* [Material supplied]
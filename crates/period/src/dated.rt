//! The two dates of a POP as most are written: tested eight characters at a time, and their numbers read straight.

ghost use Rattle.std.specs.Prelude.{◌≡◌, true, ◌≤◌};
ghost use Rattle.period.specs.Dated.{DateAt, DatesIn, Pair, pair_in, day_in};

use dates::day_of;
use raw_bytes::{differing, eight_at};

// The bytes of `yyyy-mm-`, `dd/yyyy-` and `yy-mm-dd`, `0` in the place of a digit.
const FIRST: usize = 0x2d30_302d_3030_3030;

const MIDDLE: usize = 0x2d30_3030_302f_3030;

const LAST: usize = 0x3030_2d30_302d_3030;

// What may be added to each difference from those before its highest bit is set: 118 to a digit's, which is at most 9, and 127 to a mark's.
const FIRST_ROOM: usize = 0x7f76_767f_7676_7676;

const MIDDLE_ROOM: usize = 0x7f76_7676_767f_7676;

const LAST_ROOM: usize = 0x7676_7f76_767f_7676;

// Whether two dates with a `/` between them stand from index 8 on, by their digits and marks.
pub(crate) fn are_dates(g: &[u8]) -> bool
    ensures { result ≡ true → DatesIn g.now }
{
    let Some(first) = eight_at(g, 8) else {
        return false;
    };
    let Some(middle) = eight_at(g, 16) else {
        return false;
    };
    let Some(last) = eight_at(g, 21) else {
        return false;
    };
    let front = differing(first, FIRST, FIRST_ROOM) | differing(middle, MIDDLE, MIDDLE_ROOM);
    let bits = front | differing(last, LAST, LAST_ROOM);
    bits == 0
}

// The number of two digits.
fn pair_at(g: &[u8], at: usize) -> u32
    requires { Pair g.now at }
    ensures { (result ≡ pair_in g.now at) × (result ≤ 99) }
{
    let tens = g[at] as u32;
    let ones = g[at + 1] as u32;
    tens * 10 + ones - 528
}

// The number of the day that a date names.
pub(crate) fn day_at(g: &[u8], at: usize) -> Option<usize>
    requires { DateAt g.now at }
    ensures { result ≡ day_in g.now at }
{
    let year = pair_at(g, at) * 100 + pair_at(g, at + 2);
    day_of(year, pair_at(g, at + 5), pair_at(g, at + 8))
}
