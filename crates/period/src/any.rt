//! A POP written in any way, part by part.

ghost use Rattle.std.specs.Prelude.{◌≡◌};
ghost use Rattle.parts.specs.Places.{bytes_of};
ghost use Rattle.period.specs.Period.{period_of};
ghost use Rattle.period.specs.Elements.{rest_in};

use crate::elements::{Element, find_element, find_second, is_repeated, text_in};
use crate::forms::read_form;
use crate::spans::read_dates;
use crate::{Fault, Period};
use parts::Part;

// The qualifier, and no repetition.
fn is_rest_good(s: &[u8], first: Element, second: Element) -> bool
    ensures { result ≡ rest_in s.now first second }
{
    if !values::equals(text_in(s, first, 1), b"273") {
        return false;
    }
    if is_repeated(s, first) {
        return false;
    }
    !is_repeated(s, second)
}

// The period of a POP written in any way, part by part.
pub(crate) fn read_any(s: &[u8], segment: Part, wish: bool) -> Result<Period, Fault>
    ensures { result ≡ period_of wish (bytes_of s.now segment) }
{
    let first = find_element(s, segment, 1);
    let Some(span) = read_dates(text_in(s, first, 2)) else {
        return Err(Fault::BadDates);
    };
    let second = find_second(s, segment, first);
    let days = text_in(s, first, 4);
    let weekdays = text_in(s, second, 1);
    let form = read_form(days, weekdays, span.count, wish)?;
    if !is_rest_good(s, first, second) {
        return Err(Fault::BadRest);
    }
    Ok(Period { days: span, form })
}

* [The problem] Scan the material above for the word "bits", and copy each line where it appears.

* [Finished task]
    let bits = front | differing(last, LAST, LAST_ROOM);
    bits == 0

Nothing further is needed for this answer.